- Opening Delimiter -

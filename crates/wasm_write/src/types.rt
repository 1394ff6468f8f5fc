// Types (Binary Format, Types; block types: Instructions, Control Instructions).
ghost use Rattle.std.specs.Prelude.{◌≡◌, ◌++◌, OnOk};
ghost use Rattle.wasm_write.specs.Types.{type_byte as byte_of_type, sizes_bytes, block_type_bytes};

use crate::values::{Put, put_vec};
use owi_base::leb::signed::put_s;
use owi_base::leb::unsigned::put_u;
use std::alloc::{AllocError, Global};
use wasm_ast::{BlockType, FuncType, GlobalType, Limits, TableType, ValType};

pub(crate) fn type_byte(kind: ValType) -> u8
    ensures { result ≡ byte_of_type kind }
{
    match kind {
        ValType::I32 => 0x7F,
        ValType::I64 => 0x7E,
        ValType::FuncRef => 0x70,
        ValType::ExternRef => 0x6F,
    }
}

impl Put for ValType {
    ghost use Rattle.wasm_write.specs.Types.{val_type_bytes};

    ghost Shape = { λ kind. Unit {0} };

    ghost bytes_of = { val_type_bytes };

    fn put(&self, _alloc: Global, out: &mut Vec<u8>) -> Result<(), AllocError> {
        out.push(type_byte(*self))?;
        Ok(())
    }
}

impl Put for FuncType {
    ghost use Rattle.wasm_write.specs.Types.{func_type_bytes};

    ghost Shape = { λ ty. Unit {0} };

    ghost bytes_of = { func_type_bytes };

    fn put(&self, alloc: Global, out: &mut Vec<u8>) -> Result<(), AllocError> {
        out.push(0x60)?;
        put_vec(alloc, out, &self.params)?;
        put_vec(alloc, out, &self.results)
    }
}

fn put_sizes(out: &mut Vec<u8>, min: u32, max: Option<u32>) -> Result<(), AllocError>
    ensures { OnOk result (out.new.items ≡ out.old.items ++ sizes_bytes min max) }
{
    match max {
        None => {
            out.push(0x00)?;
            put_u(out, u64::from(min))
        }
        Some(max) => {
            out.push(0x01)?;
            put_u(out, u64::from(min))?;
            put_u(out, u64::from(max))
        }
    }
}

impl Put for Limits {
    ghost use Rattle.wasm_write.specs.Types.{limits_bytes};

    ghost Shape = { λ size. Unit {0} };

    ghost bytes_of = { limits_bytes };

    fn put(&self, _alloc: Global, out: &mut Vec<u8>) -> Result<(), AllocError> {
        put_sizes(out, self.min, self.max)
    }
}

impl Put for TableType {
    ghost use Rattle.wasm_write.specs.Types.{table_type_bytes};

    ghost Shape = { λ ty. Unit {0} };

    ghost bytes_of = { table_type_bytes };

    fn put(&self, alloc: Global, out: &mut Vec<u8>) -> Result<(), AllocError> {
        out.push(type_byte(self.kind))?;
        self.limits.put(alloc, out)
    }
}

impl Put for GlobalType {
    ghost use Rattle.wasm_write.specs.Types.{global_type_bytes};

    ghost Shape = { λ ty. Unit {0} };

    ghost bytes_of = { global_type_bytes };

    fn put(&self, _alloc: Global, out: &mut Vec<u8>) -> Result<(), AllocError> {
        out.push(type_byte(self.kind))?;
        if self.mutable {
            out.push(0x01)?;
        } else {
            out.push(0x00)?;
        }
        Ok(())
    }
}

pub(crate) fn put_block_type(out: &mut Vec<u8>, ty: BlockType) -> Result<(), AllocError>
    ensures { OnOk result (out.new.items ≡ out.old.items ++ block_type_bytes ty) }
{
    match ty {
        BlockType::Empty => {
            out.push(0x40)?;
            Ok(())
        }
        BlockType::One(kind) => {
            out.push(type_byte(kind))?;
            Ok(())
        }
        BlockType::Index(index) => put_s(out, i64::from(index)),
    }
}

- Closing Delimiter -
- Opening Delimiter -

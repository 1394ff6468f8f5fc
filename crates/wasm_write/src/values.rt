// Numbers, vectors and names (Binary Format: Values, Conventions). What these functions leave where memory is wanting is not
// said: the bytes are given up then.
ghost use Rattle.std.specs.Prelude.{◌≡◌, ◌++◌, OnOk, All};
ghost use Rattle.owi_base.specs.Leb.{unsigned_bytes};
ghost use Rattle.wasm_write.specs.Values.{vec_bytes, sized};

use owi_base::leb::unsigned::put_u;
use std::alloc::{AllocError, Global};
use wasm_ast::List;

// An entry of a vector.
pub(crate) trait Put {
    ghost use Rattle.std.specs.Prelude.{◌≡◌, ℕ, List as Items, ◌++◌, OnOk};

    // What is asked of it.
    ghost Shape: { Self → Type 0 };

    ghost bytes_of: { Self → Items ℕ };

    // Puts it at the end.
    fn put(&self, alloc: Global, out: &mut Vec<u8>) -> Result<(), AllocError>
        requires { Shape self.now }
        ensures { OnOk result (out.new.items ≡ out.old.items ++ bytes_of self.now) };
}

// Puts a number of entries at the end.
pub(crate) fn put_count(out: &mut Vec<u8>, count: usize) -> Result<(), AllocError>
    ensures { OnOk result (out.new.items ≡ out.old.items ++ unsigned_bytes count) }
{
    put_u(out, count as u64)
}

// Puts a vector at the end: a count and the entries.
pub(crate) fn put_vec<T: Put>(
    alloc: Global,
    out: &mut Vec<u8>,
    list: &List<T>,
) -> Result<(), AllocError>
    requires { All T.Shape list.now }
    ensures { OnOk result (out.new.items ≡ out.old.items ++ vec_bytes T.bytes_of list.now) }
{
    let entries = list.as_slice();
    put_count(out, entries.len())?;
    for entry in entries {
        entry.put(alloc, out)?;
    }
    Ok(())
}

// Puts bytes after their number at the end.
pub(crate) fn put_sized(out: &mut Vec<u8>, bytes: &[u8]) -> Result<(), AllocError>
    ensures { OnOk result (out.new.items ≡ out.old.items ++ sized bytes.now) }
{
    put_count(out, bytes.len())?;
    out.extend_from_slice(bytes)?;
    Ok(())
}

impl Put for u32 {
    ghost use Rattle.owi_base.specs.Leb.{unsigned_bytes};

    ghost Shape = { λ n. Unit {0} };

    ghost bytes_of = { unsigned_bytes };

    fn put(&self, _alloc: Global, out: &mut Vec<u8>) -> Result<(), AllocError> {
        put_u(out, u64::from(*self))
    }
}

- Closing Delimiter -

> [WHAT THE TASK REQUIRES]: Your task is to find every line above containing the word "impl" and copy it.

> [SOLUTION TO THIS TASK]:
impl Put for ValType {
impl Put for FuncType {
impl Put for Limits {
impl Put for TableType {
impl Put for GlobalType {
impl Put for u32 {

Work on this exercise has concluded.